O Instituto Nacional de Câncer (Inca), localizado no Rio de Janeiro, inaugurou o primeiro centro de formação em cirurgia robótica do Sistema Único de Saúde (SUS). A iniciativa tem como objetivo principal capacitar 14 novos profissionais anualmente, conferindo dupla titulação em suas áreas de especialização e em cirurgia robótica, além de fomentar novas pesquisas no campo.

A cirurgia robótica, conhecida por ser minimamente invasiva, oferece ao cirurgião maior precisão nos movimentos e amplia em até dez vezes o campo visual. Essas características resultam em menor risco de complicações, redução da dor e um período de recuperação mais curto para os pacientes.
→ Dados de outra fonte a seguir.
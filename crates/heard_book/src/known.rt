//! What it tells.
ghost use Rattle.heard_book.specs.Kept.{Stands};

use crate::Heard;
use craft_base::{Held, Known, MemberId};

impl Known for Heard {
    ghost stands = { λ known shape heard first. Stands known shape heard first };

    ghost settled_to = { λ known. known.window.settled };

    fn match_of(&self, member: MemberId) -> u64 {
        u64::from(self.matches[usize::from(member.number())])
    }

    fn next_of(&self, member: MemberId) -> u64 {
        let place = usize::from(member.number());
        if self.matched[place] {
            return u64::from(self.matches[place]) + 1;
        }
        match self.refused[place] {
            Some(next) => u64::from(next),
            None => self.first,
        }
    }

    fn form_at(&self, member: MemberId, index: u64) -> Held {
        if self.window.is_noted(member, index) {
            return Held::Whole;
        }
        if index <= self.match_of(member) {
            return Held::Part;
        }
        Held::Nothing
    }

    fn fresh_count(&self) -> u8 {
        self.count(&self.fresh)
    }

    fn settled(&self) -> u64 {
        self.window.settled()
    }
}
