//! What a candidate or a leader knows in its term of the others.
#![tactic(auto)]

mod heard;
mod known;
mod masks;
mod window;

pub use heard::Heard;

#[cfg(test)]
mod tests;
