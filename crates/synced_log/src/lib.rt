//! The journal of a member: groups of records in one file, each of which is on the disk before it counts, and the reading of
//! such a file, whole or cut short by a crash.
#![tactic(auto)]

mod create;
mod fault;
mod groups;
mod header;
mod journal;
mod laws;
mod open;
mod outline;
mod owner;
mod reading;
mod records;
mod span;
mod steady;
#[cfg(test)]
mod tests;
mod walk;

pub use fault::OpenFault;
pub use groups::Groups;
pub use journal::Journal;
pub use laws::{read_in_one_way, stops_one_way};
pub use owner::Owner;
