//! A file is read in one way: the contracts of `Journal::open` then say exactly when each answer comes.
ghost use Rattle.synced_log.specs.Stopped.{StoppedAppend, StoppedCallFails};
ghost use Rattle.synced_log.specs.Laws.{OneOwner, OneJournal, NoFault, OneFault, OneState};

/// A file has one owner's header at most, is one owner's journal with one list of groups at most, has no fault where it is one,
/// has one first fault at most, and opens to one state at most.
pub fn read_in_one_way()
    ensures owner { OneOwner }
    ensures journal { OneJournal }
    ensures no_fault { NoFault }
    ensures fault { OneFault }
    ensures state { OneState }
{}

/// On a disk in memory that was told, just before, to stop at a device call of `append`: that call failed, so that not all four
/// were made, and a crash leaves a file that opens to the state with the group exactly where the call is the third or fourth and
/// what is pending is kept.
pub fn stops_one_way()
    ensures leaves { StoppedAppend }
    ensures fails { StoppedCallFails }
{}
Desde 2012, o Inca tem sido pioneiro na realização de cirurgias robóticas no SUS, contabilizando mais de 2 mil procedimentos nas áreas de urologia, ginecologia, cabeça e pescoço, abdome e tórax. O novo centro de treinamento e pesquisa visa expandir a capacidade de formação médica e a pesquisa aplicada do instituto, consolidando sua posição como referência nacional em tratamento oncológico.

Um dos principais usos da cirurgia robótica no contexto oncológico é a prostatectomia robótica, procedimento de remoção parcial ou total da próstata após o diagnóstico de câncer. Recentemente incorporada ao SUS, a técnica será impulsionada pelo novo centro, que, segundo o diretor-geral do Inca, Roberto Gil, auxiliará na implementação da tecnologia em todo o país.
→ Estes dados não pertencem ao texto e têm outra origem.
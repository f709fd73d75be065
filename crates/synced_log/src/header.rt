//! The header of a file.
ghost use Rattle.std.specs.Prelude.{◌≡◌, ◌≤◌, ◌<◌, ◌++◌, ◌∷◌, [], length, MatchOption};
ghost use Rattle.std.specs.Bool.{Decides};
ghost use Rattle.craft_base.specs.Shape.{members_of};
ghost use Rattle.synced_log.specs.Journal.{IsOwner, header, shape_of, owned, HasHeader, NoHeader};

use crate::owner::Owner;
use craft_base::{MemberId, Shape};

/// The length of a header.
pub const HEADER: usize = 32;

/// The owner that a member of a cluster is.
pub fn owner_of(shape: &Shape, me: MemberId) -> Owner
    requires { me < members_of shape.now }
    ensures value { result ≡ owned shape.now me }
    ensures shape { shape_of result ≡ shape.now }
    ensures owner { IsOwner result }
{
    Owner {
        f: shape.faults(),
        k: shape.need(),
        me: me.number(),
    }
}

/// Whether it is a member of a cluster.
fn is_owner(owner: Owner) -> bool
    ensures { Decides result (IsOwner owner) }
{
    1 <= owner.f
        && owner.f <= 7
        && 1 <= owner.k
        && owner.k <= owner.f + 1
        && owner.me < 2 * owner.f + 1
}

/// The file of an owner's journal without groups: the header, and a closed gate.
pub fn born_file(owner: Owner) -> [u8; 33]
    ensures { result ≡ header owner ++ 0 ∷ [] }
{
    let Owner { f, k, me } = owner;
    [
        67, 82, 65, 70, 84, 76, 79, 71, 1, f, k, me, 0, 0, 0, 0, 0, 0, 0, 0, 0, 0, 0, 0, 0, 0, 0,
        0, 0, 0, 0, 0, 0,
    ]
}

/// The owner whose header a file begins with; `None` exactly where it begins with nobody's.
pub fn owner_in(file: &[u8]) -> Option<Owner>
    requires { 32 ≤ length file.now }
    ensures { MatchOption result (NoHeader file.now) (HasHeader file.now) }
{
    let owner = Owner {
        f: file[9],
        k: file[10],
        me: file[11],
    };
    if is_owner(owner) && file.starts_with(&born_file(owner)[..HEADER]) {
        Some(owner)
    } else {
        None
    }
}
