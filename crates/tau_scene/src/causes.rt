//! The looks of the states and of the steps of a picture, and the causes of steps (docs/formats.md, "Pictures").

mod asking;
mod causes;
mod fallen;
mod grounds;
mod marks;
mod resting;
mod shown;
mod sources;
mod states;

pub use causes::cause_at;
pub use marks::StepMark;
pub use shown::{Shown, show};
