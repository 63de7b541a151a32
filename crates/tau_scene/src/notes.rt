//! The notes of the steps of a picture, what may be kept of its transactors, and all that it shows (docs/formats.md, "Pictures").

mod endings;
mod keeping;
mod looks;
mod notes;
mod steps;

pub use looks::looks_of;
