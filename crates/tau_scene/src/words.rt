//! Texts of pictures of runs, in bytes (docs/formats.md, "Pictures").

mod ends;
mod forms;
mod notes;
mod points;
mod states;
mod steps;
mod values;

pub use ends::{put_kept, put_nothing, put_opened};
pub use notes::{put_back, put_ends, put_fell, put_needs, put_saves};
pub use points::{put_number, put_point, put_who};
pub use states::put_state_title;
pub use steps::{put_bare, put_step};
pub use values::put_value;
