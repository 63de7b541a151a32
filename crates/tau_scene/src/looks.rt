//! What a picture of a run shows of its states, its steps and its ends (docs/formats.md, "Pictures").

mod kinds;
mod looks;

pub use kinds::{EndLook, MarkLook, RowLook, StateLook};
pub use looks::{Ending, Looks, Seen, StepLook};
O centro conta com o robô Da Vinci XI, equipado com três consoles cirúrgicos e um simulador de realidade virtual, proporcionando um ambiente seguro e realista para o treinamento dos cirurgiões. O Inca realizou adaptações estruturais no edifício para acomodar o equipamento, certificado pelo fabricante, garantindo a formação oficial dos cirurgiões.

Durante a inauguração do centro, o Inca apresentou dois projetos de pesquisa focados na detecção precoce do câncer de próstata, o tipo de neoplasia mais incidente entre os homens no Brasil, com cerca de 72 mil novos casos estimados por ano. As pesquisas são apoiadas pelo Programa Nacional de Apoio à Atenção Oncológica (Pronon).
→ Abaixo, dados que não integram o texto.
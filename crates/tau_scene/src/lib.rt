//! What a picture of a run shows: its states, the looks of its steps, their causes, and the notes (docs/formats.md, "Pictures").
#![tactic(auto)]

pub mod causes;
pub mod looks;
pub mod notes;
pub mod timelines;
pub mod words;
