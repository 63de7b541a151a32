//! The states that transactors of a picture pass through (docs/formats.md, "Pictures").

mod states;

pub use states::{State, states_in};
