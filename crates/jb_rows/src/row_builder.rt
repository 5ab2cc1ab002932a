//! A record that is put together, field by field.

ghost use Rattle.std.specs.Prelude.{◌≡◌, ◌++◌, ◌∷◌, [], decimal, OnOk};
ghost use Rattle.jb_rows.specs.Fields.{fields_in, packed};

use crate::packed::pack;
use itoa::Buffer;
use std::alloc::{AllocError, Global};
use std::marker::Model;

/// A record that is put together, field by field. A contract sees the list of its fields.
#[derive(Drop)]
pub struct RowBuilder {
    bytes: Vec<u8>,
}

impl Model for RowBuilder {
    ghost use Rattle.std.specs.Prelude.{ℕ, List};
    ghost use Rattle.jb_rows.specs.Fields.{IsPacked, fields_in};

    ghost Value = { List (List ℕ) };

    ghost view = { λ row. fields_in row.bytes.items };

    ghost invariant = { λ row. IsPacked row.bytes.items };
}

impl RowBuilder {
    /// No field. Takes no memory.
    #[tactic(auto, using(crate::proofs::Packing::nothing_packed))]
    pub fn new(alloc: Global) -> RowBuilder
        ensures { result ≡ [] }
    {
        RowBuilder {
            bytes: Vec::new(alloc),
        }
    }

    /// Takes the fields away and keeps their memory for others.
    pub fn clear(&mut self)
        ensures { self.new ≡ [] }
    {
        self.bytes.clear();
    }

    /// Puts a field after the others. Without memory no field is left.
    pub fn push(&mut self, field: &[u8]) -> Result<(), AllocError>
        ensures { OnOk result (self.new ≡ self.old ++ field.now ∷ []) }
    {
        match pack(&mut self.bytes, field) {
            Ok(()) => Ok(()),
            Err(_) => {
                self.bytes.clear();
                Err(AllocError)
            }
        }
    }

    /// The same of a field that is this number in decimal digits.
    pub fn push_number(&mut self, number: u64) -> Result<(), AllocError>
        ensures { OnOk result (self.new ≡ self.old ++ decimal number ∷ []) }
    {
        let mut buffer = Buffer::new();
        self.push(buffer.format(number).as_bytes())
    }

    /// The fields, packed.
    pub fn as_bytes(&self) -> &[u8]
        ensures packed { result.now ≡ packed self.now }
        ensures fields { fields_in result.now ≡ self.now }
    {
        self.bytes.as_slice()
    }
}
Uma das pesquisas consiste em uma análise genética somática de amostras de lesões de 980 pacientes, com o objetivo de identificar estruturas que possam aprimorar o diagnóstico. O chefe do setor de Urologia do Inca, Franz Campos, explicou que os pacientes serão acompanhados por pelo menos três anos em busca de marcadores moleculares que possam influenciar o rastreamento, diagnóstico e tratamento do câncer de próstata, visando uma medicina de precisão.

A segunda pesquisa realizará o sequenciamento genético completo de aproximadamente 3 mil pacientes com câncer de baixo ou alto grau, além de pacientes com hiperplasia prostática, com o objetivo de identificar possíveis mutações somáticas relacionadas ao câncer.